*WHAT YOU HAVE TO DO*
Two lines mark the range in the entries below: the one holding "filename crates/order_book/src/order.rt" and the one holding "repository 6cbb280c2031946e". Set down those two and all lines between them, exactly.
....
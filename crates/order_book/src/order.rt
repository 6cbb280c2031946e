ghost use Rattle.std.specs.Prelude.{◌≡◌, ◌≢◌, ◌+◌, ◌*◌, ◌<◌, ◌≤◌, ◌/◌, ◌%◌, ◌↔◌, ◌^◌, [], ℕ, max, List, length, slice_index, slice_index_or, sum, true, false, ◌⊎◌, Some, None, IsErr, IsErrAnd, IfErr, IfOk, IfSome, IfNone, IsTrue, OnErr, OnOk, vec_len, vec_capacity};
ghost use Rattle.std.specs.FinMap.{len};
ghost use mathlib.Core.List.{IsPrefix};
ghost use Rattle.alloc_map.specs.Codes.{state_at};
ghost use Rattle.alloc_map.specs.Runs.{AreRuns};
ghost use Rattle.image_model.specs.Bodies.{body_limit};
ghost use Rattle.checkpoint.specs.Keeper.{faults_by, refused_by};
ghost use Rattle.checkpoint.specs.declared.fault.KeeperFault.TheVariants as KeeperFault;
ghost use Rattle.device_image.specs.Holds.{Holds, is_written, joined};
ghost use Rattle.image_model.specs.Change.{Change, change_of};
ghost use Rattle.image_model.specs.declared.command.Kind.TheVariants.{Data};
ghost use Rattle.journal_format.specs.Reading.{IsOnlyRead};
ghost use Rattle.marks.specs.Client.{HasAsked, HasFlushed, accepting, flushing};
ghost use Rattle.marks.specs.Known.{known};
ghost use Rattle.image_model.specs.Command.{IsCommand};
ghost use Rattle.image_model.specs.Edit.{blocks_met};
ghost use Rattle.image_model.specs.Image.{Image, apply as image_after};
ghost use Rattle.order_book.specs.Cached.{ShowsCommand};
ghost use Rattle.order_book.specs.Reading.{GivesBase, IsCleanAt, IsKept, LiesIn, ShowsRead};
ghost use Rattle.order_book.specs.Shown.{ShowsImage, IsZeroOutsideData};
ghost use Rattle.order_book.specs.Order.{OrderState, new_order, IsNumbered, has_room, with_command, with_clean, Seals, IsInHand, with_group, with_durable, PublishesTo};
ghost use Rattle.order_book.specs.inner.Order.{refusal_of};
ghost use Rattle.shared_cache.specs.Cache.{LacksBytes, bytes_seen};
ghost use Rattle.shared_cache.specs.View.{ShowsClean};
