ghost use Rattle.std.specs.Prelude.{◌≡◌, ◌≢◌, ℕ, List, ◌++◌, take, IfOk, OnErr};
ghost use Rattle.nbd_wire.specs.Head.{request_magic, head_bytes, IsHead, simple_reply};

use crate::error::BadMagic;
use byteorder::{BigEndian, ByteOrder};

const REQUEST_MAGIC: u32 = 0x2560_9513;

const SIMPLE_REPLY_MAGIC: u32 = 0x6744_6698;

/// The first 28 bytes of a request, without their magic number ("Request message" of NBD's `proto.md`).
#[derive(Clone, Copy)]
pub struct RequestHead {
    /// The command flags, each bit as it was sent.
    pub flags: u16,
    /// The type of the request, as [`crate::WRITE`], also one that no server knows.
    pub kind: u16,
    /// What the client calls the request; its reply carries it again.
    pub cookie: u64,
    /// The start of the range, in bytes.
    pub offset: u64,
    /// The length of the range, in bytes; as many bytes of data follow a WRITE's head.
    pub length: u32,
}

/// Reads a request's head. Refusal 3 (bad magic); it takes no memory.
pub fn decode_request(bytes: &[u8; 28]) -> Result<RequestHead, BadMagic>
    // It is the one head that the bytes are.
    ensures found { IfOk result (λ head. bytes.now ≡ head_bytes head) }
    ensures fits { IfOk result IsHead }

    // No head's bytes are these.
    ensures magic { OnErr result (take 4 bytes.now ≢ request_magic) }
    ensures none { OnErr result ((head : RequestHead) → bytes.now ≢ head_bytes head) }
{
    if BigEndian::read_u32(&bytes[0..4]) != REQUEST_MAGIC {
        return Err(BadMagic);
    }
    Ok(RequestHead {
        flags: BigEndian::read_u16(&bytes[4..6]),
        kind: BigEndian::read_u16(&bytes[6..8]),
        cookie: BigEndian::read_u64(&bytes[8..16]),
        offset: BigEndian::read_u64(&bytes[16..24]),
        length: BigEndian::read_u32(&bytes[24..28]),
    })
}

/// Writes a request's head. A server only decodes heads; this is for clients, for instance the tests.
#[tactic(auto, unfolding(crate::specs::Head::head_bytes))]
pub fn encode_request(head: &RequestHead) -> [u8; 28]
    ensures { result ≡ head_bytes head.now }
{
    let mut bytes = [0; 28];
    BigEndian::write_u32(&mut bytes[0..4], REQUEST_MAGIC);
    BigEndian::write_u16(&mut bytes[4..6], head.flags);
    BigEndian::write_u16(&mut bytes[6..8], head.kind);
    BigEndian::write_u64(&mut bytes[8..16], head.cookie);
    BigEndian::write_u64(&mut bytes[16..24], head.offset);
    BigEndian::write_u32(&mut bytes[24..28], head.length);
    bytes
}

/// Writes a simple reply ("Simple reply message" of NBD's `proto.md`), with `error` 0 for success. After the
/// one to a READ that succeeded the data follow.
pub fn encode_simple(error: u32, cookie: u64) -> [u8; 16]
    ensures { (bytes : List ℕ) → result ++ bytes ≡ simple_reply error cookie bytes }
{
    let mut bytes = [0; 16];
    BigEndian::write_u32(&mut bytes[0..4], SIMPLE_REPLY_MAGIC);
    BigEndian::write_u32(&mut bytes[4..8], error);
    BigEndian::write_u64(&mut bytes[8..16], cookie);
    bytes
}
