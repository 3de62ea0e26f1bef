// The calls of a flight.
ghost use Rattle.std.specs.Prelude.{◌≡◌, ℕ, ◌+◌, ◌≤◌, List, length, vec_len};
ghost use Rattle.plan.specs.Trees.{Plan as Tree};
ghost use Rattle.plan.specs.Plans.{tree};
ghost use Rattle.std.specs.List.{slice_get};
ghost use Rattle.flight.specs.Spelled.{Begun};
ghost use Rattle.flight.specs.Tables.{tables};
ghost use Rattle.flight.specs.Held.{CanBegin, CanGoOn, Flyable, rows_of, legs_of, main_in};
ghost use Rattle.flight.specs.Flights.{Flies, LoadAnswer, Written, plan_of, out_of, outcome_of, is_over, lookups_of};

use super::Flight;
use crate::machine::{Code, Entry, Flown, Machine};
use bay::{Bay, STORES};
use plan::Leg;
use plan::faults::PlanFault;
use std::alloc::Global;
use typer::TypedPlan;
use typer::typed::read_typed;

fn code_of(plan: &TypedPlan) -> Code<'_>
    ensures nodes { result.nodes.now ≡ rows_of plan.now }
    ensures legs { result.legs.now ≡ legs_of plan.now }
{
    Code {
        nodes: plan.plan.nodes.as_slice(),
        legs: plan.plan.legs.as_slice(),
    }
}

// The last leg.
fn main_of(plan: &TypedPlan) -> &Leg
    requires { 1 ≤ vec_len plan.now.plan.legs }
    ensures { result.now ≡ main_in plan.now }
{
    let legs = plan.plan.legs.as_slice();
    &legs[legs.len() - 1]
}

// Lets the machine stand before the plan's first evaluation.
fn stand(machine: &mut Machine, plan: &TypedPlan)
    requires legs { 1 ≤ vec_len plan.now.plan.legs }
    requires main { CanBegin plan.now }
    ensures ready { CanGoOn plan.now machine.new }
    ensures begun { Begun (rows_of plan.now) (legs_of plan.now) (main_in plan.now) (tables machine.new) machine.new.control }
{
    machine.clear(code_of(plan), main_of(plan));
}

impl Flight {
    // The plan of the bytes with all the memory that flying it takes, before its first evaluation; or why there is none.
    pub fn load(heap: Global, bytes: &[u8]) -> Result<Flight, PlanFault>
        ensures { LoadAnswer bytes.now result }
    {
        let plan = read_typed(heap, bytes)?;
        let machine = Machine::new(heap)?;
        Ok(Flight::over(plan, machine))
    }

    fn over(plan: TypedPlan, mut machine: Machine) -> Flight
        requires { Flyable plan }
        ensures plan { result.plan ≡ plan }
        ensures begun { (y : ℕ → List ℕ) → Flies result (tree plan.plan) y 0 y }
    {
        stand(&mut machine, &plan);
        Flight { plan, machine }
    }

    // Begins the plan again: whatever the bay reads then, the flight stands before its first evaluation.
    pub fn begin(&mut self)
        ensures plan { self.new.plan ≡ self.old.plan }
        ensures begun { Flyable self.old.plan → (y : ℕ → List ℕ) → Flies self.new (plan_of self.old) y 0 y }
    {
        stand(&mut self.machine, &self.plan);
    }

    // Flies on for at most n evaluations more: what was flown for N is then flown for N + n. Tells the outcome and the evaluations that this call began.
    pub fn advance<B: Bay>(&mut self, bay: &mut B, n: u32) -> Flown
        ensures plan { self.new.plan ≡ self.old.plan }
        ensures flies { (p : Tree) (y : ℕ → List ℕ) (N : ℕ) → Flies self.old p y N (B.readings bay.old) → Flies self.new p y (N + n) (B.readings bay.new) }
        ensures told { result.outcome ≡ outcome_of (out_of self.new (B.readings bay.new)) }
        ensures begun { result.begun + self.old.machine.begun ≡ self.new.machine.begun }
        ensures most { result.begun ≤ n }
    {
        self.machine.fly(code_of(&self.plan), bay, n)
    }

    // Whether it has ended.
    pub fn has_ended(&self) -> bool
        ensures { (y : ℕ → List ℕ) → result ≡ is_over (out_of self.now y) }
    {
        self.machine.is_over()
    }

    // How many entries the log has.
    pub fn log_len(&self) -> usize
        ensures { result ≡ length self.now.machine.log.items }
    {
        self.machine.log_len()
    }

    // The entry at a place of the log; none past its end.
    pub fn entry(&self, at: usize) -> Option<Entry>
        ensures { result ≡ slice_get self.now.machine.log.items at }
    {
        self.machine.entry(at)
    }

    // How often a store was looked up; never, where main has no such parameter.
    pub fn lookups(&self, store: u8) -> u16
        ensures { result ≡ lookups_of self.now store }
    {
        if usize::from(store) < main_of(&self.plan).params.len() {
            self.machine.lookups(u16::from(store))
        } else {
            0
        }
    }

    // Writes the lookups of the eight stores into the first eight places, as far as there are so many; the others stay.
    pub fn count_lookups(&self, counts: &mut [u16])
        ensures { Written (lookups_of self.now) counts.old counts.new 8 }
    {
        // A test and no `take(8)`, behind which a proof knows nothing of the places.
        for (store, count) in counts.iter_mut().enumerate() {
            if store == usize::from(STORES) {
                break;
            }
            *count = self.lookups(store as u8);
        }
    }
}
....
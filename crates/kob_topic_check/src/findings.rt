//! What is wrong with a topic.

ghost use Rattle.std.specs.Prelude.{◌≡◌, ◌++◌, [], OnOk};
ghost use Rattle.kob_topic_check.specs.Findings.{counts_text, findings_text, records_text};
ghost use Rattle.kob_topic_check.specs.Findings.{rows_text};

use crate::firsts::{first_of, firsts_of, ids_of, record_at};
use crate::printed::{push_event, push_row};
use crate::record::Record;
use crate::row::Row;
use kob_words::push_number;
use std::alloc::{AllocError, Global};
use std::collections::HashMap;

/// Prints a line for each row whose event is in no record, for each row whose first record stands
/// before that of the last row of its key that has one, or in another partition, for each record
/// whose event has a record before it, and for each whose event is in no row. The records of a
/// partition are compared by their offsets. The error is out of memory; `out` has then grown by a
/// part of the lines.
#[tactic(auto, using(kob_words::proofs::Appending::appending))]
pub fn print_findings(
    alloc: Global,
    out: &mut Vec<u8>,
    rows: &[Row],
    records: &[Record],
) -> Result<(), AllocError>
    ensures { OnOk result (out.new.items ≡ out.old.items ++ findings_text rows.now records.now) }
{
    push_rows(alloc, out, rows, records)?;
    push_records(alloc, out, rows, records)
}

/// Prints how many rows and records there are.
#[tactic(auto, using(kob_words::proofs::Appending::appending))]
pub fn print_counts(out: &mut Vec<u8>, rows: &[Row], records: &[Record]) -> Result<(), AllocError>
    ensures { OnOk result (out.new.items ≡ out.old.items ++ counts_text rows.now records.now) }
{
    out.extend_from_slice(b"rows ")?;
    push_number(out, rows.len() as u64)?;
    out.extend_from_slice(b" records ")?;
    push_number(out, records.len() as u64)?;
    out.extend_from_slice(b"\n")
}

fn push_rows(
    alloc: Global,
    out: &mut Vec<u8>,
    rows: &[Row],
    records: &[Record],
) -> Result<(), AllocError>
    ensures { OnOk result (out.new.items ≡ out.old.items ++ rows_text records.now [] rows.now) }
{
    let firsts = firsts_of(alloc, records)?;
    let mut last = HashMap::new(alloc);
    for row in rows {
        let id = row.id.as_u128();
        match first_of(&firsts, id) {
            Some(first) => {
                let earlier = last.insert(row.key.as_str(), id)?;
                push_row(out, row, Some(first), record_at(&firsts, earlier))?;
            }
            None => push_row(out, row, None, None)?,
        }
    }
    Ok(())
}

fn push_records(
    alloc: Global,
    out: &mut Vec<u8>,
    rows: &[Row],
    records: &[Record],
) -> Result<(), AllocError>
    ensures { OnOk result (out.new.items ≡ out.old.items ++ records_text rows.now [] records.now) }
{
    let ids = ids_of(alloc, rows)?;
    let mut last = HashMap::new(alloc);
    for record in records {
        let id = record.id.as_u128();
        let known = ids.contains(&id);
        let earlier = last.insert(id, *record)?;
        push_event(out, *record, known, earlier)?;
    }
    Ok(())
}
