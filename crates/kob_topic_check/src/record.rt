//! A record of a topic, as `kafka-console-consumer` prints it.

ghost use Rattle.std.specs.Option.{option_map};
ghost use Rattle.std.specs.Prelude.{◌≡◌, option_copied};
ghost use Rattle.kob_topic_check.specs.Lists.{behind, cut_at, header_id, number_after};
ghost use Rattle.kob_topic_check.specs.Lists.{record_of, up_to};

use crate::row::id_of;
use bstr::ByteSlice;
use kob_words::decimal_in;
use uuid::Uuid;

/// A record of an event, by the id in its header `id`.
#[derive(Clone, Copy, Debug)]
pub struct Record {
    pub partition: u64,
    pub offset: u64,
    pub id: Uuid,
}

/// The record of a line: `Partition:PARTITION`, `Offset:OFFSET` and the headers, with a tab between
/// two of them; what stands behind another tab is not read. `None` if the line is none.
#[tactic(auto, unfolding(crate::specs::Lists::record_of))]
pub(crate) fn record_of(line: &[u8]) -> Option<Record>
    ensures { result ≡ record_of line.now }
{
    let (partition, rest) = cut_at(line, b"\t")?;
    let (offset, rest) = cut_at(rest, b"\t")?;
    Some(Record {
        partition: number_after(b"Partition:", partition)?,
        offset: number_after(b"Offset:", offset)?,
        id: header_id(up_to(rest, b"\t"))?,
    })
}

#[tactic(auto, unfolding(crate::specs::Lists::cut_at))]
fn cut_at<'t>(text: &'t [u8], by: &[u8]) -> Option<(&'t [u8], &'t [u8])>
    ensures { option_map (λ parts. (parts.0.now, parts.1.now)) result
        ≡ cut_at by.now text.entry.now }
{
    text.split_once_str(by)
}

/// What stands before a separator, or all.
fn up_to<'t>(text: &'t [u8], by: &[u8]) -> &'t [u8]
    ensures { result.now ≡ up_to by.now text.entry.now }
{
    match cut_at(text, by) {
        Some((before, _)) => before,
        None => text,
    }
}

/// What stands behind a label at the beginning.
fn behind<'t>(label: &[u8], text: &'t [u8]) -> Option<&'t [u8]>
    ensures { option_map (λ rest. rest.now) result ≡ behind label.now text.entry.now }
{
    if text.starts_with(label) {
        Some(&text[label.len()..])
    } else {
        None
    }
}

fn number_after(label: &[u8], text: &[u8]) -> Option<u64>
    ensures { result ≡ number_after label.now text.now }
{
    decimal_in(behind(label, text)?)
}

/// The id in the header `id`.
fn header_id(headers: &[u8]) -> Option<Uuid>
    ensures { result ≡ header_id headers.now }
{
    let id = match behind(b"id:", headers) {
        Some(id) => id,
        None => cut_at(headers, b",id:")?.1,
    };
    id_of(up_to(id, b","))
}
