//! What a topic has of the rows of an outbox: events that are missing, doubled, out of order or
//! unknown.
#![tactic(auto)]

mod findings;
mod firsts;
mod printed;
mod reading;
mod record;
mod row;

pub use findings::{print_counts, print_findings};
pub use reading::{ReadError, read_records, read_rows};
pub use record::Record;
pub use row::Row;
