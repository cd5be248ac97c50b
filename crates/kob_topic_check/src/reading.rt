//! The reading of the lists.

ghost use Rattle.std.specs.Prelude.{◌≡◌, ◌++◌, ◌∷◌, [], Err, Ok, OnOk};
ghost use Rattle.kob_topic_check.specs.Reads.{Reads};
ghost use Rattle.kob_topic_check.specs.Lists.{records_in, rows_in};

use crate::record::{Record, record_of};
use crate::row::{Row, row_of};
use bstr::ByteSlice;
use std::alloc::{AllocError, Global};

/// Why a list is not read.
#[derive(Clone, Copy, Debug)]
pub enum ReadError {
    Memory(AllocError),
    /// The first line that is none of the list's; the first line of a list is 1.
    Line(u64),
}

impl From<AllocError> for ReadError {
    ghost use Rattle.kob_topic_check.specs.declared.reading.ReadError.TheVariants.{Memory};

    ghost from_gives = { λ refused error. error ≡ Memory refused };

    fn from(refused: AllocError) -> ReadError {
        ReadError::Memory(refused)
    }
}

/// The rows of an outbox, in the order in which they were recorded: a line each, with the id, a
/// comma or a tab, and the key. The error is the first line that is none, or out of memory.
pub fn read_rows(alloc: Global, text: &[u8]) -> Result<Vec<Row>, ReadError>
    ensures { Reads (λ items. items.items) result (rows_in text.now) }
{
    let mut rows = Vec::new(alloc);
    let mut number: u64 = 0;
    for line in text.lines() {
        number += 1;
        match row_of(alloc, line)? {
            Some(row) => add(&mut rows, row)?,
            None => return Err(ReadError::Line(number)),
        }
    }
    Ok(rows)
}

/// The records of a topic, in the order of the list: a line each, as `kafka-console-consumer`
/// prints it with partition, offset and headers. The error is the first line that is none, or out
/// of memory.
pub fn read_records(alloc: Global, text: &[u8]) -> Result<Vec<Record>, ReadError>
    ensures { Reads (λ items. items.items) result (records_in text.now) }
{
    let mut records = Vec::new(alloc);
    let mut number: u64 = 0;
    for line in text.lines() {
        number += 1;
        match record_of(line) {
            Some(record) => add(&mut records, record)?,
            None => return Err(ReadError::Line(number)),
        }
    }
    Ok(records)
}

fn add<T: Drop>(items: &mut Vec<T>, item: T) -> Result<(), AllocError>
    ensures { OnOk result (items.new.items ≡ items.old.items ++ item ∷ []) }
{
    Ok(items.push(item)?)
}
....
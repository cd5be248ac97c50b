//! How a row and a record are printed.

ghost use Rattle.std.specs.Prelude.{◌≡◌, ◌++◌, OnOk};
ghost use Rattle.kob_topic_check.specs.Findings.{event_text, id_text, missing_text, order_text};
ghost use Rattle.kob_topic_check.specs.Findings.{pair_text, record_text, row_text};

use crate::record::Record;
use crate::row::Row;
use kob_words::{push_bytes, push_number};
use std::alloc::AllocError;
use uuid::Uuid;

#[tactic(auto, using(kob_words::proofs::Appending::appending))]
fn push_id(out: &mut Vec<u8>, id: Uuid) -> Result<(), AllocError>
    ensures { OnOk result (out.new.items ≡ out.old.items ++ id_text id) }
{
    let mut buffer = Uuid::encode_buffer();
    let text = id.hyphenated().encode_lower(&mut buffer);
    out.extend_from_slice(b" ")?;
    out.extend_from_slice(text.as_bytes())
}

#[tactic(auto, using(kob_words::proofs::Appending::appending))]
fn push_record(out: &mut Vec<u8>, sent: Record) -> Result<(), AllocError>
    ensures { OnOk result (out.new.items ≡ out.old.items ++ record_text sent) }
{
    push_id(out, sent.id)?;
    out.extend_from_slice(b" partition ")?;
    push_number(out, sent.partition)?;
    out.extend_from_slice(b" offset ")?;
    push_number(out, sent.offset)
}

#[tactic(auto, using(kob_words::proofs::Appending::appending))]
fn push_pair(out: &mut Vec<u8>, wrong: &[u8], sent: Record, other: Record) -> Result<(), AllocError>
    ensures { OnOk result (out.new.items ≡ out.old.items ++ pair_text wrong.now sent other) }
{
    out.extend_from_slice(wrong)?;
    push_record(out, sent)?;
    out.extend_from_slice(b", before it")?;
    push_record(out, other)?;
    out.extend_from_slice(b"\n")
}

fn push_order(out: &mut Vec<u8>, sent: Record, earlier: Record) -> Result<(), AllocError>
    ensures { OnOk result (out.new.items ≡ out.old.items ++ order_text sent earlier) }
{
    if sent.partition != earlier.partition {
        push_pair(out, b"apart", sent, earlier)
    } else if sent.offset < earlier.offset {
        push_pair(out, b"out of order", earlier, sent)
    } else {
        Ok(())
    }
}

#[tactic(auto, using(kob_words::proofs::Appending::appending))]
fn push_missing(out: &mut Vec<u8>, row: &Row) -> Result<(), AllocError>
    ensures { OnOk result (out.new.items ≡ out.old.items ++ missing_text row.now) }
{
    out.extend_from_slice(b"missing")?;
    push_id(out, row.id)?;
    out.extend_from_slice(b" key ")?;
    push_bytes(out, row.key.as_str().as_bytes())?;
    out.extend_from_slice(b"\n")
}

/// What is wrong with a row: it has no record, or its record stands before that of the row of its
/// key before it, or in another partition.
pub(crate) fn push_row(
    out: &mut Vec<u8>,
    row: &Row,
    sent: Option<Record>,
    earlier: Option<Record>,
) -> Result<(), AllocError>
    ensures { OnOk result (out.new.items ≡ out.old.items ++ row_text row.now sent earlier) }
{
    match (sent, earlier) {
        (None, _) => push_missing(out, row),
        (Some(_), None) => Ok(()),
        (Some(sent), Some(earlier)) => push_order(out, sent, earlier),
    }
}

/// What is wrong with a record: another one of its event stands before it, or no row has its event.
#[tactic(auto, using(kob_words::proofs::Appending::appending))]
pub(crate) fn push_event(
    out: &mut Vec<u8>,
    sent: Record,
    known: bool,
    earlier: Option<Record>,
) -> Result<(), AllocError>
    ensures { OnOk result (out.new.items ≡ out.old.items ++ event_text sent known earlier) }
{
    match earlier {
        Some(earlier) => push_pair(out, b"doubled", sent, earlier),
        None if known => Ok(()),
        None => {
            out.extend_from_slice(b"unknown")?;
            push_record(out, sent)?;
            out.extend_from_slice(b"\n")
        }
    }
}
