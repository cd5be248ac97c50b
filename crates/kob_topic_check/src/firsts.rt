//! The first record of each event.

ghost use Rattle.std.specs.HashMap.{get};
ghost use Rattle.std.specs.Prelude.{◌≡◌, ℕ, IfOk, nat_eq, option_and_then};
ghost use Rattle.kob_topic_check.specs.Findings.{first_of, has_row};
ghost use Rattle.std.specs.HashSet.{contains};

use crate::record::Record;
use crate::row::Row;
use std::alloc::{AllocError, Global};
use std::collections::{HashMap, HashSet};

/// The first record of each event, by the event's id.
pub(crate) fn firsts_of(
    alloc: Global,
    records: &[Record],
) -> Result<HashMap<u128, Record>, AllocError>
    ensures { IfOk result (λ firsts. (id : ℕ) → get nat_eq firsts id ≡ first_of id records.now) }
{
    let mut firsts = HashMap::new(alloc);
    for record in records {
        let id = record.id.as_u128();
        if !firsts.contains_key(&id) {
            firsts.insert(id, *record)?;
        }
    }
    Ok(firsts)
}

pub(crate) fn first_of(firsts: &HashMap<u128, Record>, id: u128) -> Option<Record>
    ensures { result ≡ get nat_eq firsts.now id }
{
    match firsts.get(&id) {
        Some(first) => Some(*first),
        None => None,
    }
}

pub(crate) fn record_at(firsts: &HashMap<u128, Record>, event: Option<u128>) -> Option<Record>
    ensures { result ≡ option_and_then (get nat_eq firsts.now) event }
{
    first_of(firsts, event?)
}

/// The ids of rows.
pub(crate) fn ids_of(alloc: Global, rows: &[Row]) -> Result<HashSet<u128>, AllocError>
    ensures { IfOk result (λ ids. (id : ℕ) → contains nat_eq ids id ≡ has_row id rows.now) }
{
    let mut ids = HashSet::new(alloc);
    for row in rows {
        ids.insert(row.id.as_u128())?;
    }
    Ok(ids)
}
....
*TASK RESULT*
filename crates/order_book/src/order.rt
repository 6cbb280c2031946e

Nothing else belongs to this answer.